给定一个数组'数组'和一组索引'索引',如何找到通过以矢量化方式沿着这些索引分割数组形成的子数组的累积和?澄清一下,假设我有:
>>> array = np.arange(20) >>> array array([ 0, 1, 2, 3, 4, 5, 6, 7, 8, 9, 10, 11, 12, 13, 14, 15, 16, 17, 18, 19]) indices = np.arrray([3, 8, 14])
操作应该输出:
array([0, 1, 3, 3, 7, 12, 18, 25, 8, 17, 27, 38, 50, 63, 14, 29, 45, 62, 80, 99])

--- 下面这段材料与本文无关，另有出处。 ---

impl<'t> Backward<'t> {
    /// Whether the automaton has at most `most` states for every two patterns. Frequent words are short and share
    /// suffixes, so they need few states. The answers of a search do not depend on it, only its time.
    #[inline(always)]
    fn has_few_states(&self, most: usize) -> bool
        requires safe { IsSafe self.now }
        requires bounded { most ≤ 256 }
        ensures { result ≡ true → self.now.table.width < 256 }
    {
        let width = self.table.width;
        width < 256
            && self.table.rows.len() - CLASSES_LEN <= self.lens.len() * (width + 1) * most / 2
    }

    /// The first offset of a span whose byte is in no pattern.
    #[inline(always)]
    fn gap_in(
        &self,
        classes: &[u8; 256],
        haystack: &[u8],
        span: Span,
        tally: &mut Tally,
    ) -> Option<usize>
        requires valid { IsValidSpan haystack.now span }
        requires few { self.now.table.width < 256 }
        ensures inside { IfSome result (λ at. (span.start ≤ at) × (at < span.end)) }
        ensures gap { IfSome result (IsGap classes.now self.now.table.width haystack.now) }
        ensures others { tally.new ≡ record tally.old { scanned = tally.new.scanned } }
        ensures grows { tally.old.scanned ≤ tally.new.scanned }
        ensures most { MatchOption result (tally.new.scanned + span.start ≤ tally.old.scanned + span.end)
            (λ at. tally.new.scanned + span.start ≤ tally.old.scanned + at + 1) }
    {
        for at in span.start..span.end {
            if class_by(classes, haystack, at, tally) + 1 == self.table.width {
                return Some(at);
            }
        }
        None
    }

    /// The piece that begins at an offset.
    #[inline(always)]
    fn piece_at(
        &self,
        classes: &[u8; 256],
        haystack: &[u8],
        span: Span,
        at: usize,
        tally: &mut Tally,
    ) -> Piece
        requires valid { IsValidSpan haystack.now span }
        requires same { HasBytes self.now classes.now }
        requires few { self.now.table.width < 256 }
        requires after { span.start ≤ at }
        requires before { at < span.end }
        ensures piece { IsPiece self.now haystack.now span at result }
        ensures others { tally.new ≡ record tally.old { scanned = tally.new.scanned } }
        ensures grows { tally.old.scanned ≤ tally.new.scanned }
        ensures most { tally.new.scanned + min (result.end + (self.now.table.longest - 1)) result.reach + 2 * at
            ≤ tally.old.scanned + 3 * result.end }
    {
        let lead = self.table.longest.saturating_sub(1);
        let part = FIRST.max(self.table.longest / 2 + 3) + MORE;
        let start = at + PIECE.min(span.end - at);
        // (if there is no gap, what is read for it, the lead and the piece are at most three times the piece)
        let most = lead.min(part.saturating_mul(2).saturating_sub(lead));
        let end = start + most.min(span.end - start);
        match self.gap_in(classes, haystack, Span { start, end }, tally) {
            Some(end) => Piece { end, reach: end },
            None => Piece {
                end: at + part.min(span.end - at),
                reach: span.end,
            },
        }
    }

    /// The first occurrence that begins in the piece at an offset.
    fn look_near(
        &self,
        classes: &[u8; 256],
        haystack: &[u8],
        span: Span,
        at: usize,
        limit: usize,
        tally: &mut Tally,
    ) -> Result<FirstLook, Damaged>
        requires safe { IsSafe self.now }
        requires same { HasBytes self.now classes.now }
        requires limit { IsLimit self.now limit }
        requires valid { IsValidSpan haystack.now span }
        requires few { self.now.table.width < 256 }
        requires after { span.start ≤ at }
        requires before { at < span.end }
        ensures found { ForBackward self.now (λ tables. IsOkAnd result
            (IsFirstLook tables haystack.now (between at span.end))) }
        ensures lies { IfOk result (λ near. IfSome near.found (IsMatchBy self.now span at)) }
        ensures inside { IfOk result (λ near. (at < near.at) × (near.at ≤ span.end)) }
        ensures others { tally.new ≡ record tally.old { scanned = tally.new.scanned } }
        ensures most { tally.new.scanned + 3 * at ≤ tally.old.scanned + 3 * span.end }
        ensures counted { IfOk result (ReadsFirstLook self.now.table.longest (between at span.end) tally.old.scanned
            tally.new.scanned) }
    {
        let Piece { end, reach } = self.piece_at(classes, haystack, span, at, tally);
        let span = Span {
            start: at,
            end: reach,
        };
        let part = Span { start: at, end };
        let Some(begun) = self.begun_in(classes, haystack, span, part, limit, tally)? else {
            return Ok(FirstLook {
                found: None,
                at: end,
            });
        };
        let found = self.match_at(haystack, span, begun.at, begun.code)?;
        Ok(FirstLook {
            found: Some(found),
            at: end,
        })
    }

    /// The leftmost match near the start of a span, by one piece after another.
    #[inline(never)]
    fn find_by_pieces(
        &self,
        haystack: &[u8],
        span: Span,
        tally: &mut Tally,
    ) -> Result<FirstLook, Damaged>
        requires safe { IsSafe self.now }
        requires few { self.now.table.width < 256 }
        requires valid { IsValidSpan haystack.now span }
        ensures found { ForBackward self.now (λ tables. IsOkAnd result (IsFirstLook tables haystack.now span)) }
        ensures lies { IfOk result (λ near. IfSome near.found (IsMatchBy self.now span span.start)) }
        ensures inside { IfOk result (λ near. (span.start ≤ near.at) × (near.at ≤ span.end)) }
        ensures others { tally.new ≡ record tally.old { scanned = tally.new.scanned } }
        ensures most { tally.new.scanned ≤ tally.old.scanned + 3 * (span.end - span.start) }
        ensures counted { IfOk result
            (ReadsFirstLook self.now.table.longest span tally.old.scanned tally.new.scanned) }
    {
        let (limit, bytes) = (self.table.limit()?, self.table.class_bytes());
        let classes = &bytes;
        let end = span.start + NEAR.min(span.end - span.start);
        let mut at = span.start;
        while at < end {
            let near = self.look_near(classes, haystack, span, at, limit, tally)?;
            if near.found.is_some() {
                return Ok(near);
            }
            at = near.at;
        }
        Ok(FirstLook { found: None, at })
    }

    /// The same if patterns are likely to begin at many offsets; otherwise it looks at nothing.
    #[inline(always)]
    fn find_near(
        &self,
        haystack: &[u8],
        span: Span,
        tally: &mut Tally,
    ) -> Result<FirstLook, Damaged>
        requires safe { IsSafe self.now }
        requires valid { IsValidSpan haystack.now span }
        ensures found { ForBackward self.now (λ tables. IsOkAnd result (IsFirstLook tables haystack.now span)) }
        ensures lies { IfOk result (λ near. IfSome near.found (IsMatchBy self.now span span.start)) }
        ensures inside { IfOk result (λ near. (span.start ≤ near.at) × (near.at ≤ span.end)) }
        ensures others { tally.new ≡ record tally.old { scanned = tally.new.scanned } }
        ensures most { tally.new.scanned ≤ tally.old.scanned + 3 * (span.end - span.start) }
        ensures counted { IfOk result
            (ReadsFirstLook self.now.table.longest span tally.old.scanned tally.new.scanned) }
    {
        if self.prints[0] == 0 && self.has_few_states(FEW_STATES) {
            return self.find_by_pieces(haystack, span, tally);
        }
        Ok(FirstLook {
            found: None,
            at: span.start,
        })
    }

    /// Looks at the first candidate alone, and then walks over one short piece from there on, before whole blocks are
    /// walked over. It does nothing if there is no scan for candidates, if the scan passed over many bytes, or if
    /// several patterns have many states.
    #[inline(always)]
    pub(crate) fn look_first(
        &self,
        scan: &Option<CandidateScan>,
        classes: &[u8; 256],
        haystack: &[u8],
        span: Span,
        progress: Progress,
        limit: usize,
        tally: &mut Tally,
    ) -> Result<StepResult, Damaged>
        requires safe { IsSafe self.now }
        requires same { HasBytes self.now classes.now }
        requires limit { IsLimit self.now limit }
        requires valid { IsValidSpan haystack.now span }
        requires after { span.start ≤ progress.at }
        requires inside { progress.at < span.end }
        requires for_patterns { AreFor self.now scan.now }
        ensures first { ForBackward self.now (λ tables. IsOkAnd result (λ looked.
            IsFirstStart tables haystack.now span.end (between progress.at looked.progress.at) looked.first)) }
        ensures inside { IfOk result (λ looked. LiesInPart progress.at span.end looked.first) }
        ensures later { IfOk result (λ looked. (progress.at ≤ looked.progress.at) × (looked.progress.at ≤ span.end)) }
        ensures progress { (base : ℕ) → IsProgress self.now span (owed_by scan.now) base tally.old.scanned progress
            → IfOk result (λ looked. IsNone looked.first
            → IsProgress self.now span (owed_by scan.now) base tally.new.scanned looked.progress) }
        ensures found { (base : ℕ) → IsProgress self.now span (owed_by scan.now) base tally.old.scanned progress
            → IfOk result (λ looked. IfSome looked.first
            (λ begun. ReadsFor self.now.table.longest span base tally.new.scanned (Some begun))) }
        ensures most { (base : ℕ) → IsProgress self.now span (owed_by scan.now) base tally.old.scanned progress
            → tally.new.scanned + 3 * span.start ≤ base + 3 * span.end }
        ensures others { tally.new ≡ record tally.old { scanned = tally.new.scanned } }
    {
        let is_likely = self.lens.len() == 1 || self.has_few_states(FEW_STATES_TO_SCAN);
        if scan.is_none() || progress.credit >= PRICE || !is_likely {
            return Ok(StepResult {
                first: None,
                progress,
            });
        }
        let start = progress.at;
        let here = self.begun_at(classes, haystack, span, start, limit, tally)?;
        if here.is_some() {
            let progress = Progress {
                at: start + 1,
                ..progress
            };
            return Ok(StepResult {
                first: here,
                progress,
            });
        }
        // (long enough to pay for the walk at the candidate too)
        let len = self.table.longest.saturating_add(PIECE);
        let end = start + len.min(span.end - start);
        let part = Span { start, end };
        let progress = Progress {
            at: end,
            ..progress
        };
        if let Some(begun) = self.begun_in(classes, haystack, span, part, limit, tally)? {
            let first = Some(begun);
            return Ok(StepResult { first, progress });
        }
        let progress = self.pass_on(scan, haystack, span, progress, tally);
        Ok(StepResult {
            first: None,
            progress,
        })
    }

    /// The first offset in a span at which a pattern begins. A scan for candidates passes over bytes. At a candidate,
    /// one walk looks at this offset if the scan passed over enough; otherwise four walks go backward through a block.
    /// Each block is twice as long as the previous one, up to a limit.
    pub(crate) fn first_begun(
        &self,
        haystack: &[u8],
        span: Span,
        tally: &mut Tally,
    ) -> Result<Option<PatternStart>, Damaged>
        requires safe { IsSafe self.now }
        requires valid { IsValidSpan haystack.now span }
        ensures first { ForBackward self.now (λ tables. IsOkAnd result
            (IsFirstStart tables haystack.now span.end span)) }
        ensures lies { IfOk result (LiesInPart span.start span.end) }
        ensures others { tally.new ≡ record tally.old { scanned = tally.new.scanned } }
        ensures most { tally.new.scanned ≤ tally.old.scanned + 3 * (span.end - span.start) }
        ensures counted { IfOk result
            (ReadsFor self.now.table.longest span tally.old.scanned tally.new.scanned) }
    {
        let progress = self.pass_first(haystack, span, tally);
        if progress.at == span.end {
            return Ok(None);
        }
        self.first_after(haystack, span, progress, tally)
    }

    /// The leftmost match of a span.
    #[inline(always)]
    pub fn find_in(
        &self,
        haystack: &[u8],
        span: Span,
        tally: &mut Tally,
    ) -> Result<Option<Match>, Damaged>
        requires safe { IsSafe self.now }
        requires valid { IsValidSpan haystack.now span }
        ensures leftmost { ForBackward self.now (λ tables. IsOkAnd result
            (IsLeftmost tables.search.query tables.search.ignore_case haystack.now span)) }
        ensures lies { IfOk result (λ answer. IfSome answer (IsMatchBy self.now span span.start)) }
        ensures others { tally.new ≡ record tally.old { scanned = tally.new.scanned } }
        ensures most { tally.new.scanned ≤ tally.old.scanned + 3 * (span.end - span.start) }
        ensures counted { IfOk result (λ answer.
            LooksFor self.now.table.longest span answer tally.old.scanned tally.new.scanned) }
    {
        if span.start == span.end {
            return Ok(None);
        }
        if let Some(short) = self.short() {
            if short.len == 1 {
                return Ok(self.find_byte(&short, haystack, span, tally));
            }
            return self.find_short(&short, haystack, span, tally);
        }
        let near = self.find_near(haystack, span, tally)?;
        if near.found.is_some() {
            return Ok(near.found);
        }
        let rest = Span {
            start: near.at,
            end: span.end,
        };
        let Some(begun) = self.first_begun(haystack, rest, tally)? else {
            return Ok(None);
        };
        let found = self.match_at(haystack, rest, begun.at, begun.code)?;
        Ok(Some(found))
    }

    /// The match at the start of a span, by one walk, which begins far enough after the start for the longest pattern.
    pub fn find_at(
        &self,
        haystack: &[u8],
        span: Span,
        tally: &mut Tally,
    ) -> Result<Option<Match>, Damaged>
        requires safe { IsSafe self.now }
        requires valid { IsValidSpan haystack.now span }
        ensures at { ForBackward self.now (λ tables. IsOkAnd result
            (IsMatchIn tables.search.query tables.search.ignore_case haystack.now span)) }
        ensures lies { IfOk result (λ answer. IfSome answer (IsMatchBy self.now span span.start)) }
        ensures here { IfOk result (λ answer. IfSome answer (λ found. found.start ≡ span.start)) }
        ensures others { tally.new ≡ record tally.old { scanned = tally.new.scanned } }
        ensures most { tally.new.scanned ≤ tally.old.scanned + self.now.table.longest }
        ensures within { IfOk result (λ _. tally.new.scanned ≤ tally.old.scanned + (span.end - span.start)) }
        ensures least { IfOk result (λ answer. MatchOption answer (tally.old.scanned ≤ tally.new.scanned)
            (λ found. tally.old.scanned + found.end ≤ tally.new.scanned + span.start)) }
    {
        let (limit, bytes) = (self.table.limit()?, self.table.class_bytes());
        let classes = &bytes;
        if span.start == span.end || self.table.longest == 0 {
            return Ok(None);
        }
        if let Some(begun) = self.begun_at(classes, haystack, span, span.start, limit, tally)? {
            let found = self.match_at(haystack, span, begun.at, begun.code)?;
            return Ok(Some(found));
        }
        Ok(None)
    }
}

请注意,阵列非常大(100000个元素),因此,我需要一个矢量化答案.使用任何循环会大大减慢它.另外,如果我有同样的问题,但是2D数组和相应的索引,我需要为数组中的每一行做同样的事情,我该怎么办呢?
对于2D版本:
>>>array = np.arange(12).reshape((3,4)) >>>array array([[ 0, 1, 2, 3], [ 4, 5, 6, 7], [ 8, 9, 10, 11]]) >>> indices = np.array([[2], [1, 3], [1, 2]])
输出将是:
array([[ 0, 1, 3, 3], [ 4, 9, 6, 13], [ 8, 17, 10, 11]])
澄清:每一行都将被拆分.
您可以在indices
位置处引入原始累积求和数组的微分,以在这些位置创建边界效果,这样当差分数组被累加求和时,为我们提供指数停止的累积求和输出.这可能在初看起来有点做作,但坚持下去,试试其他样品,希望有意义!这个想法与this other MATLAB solution.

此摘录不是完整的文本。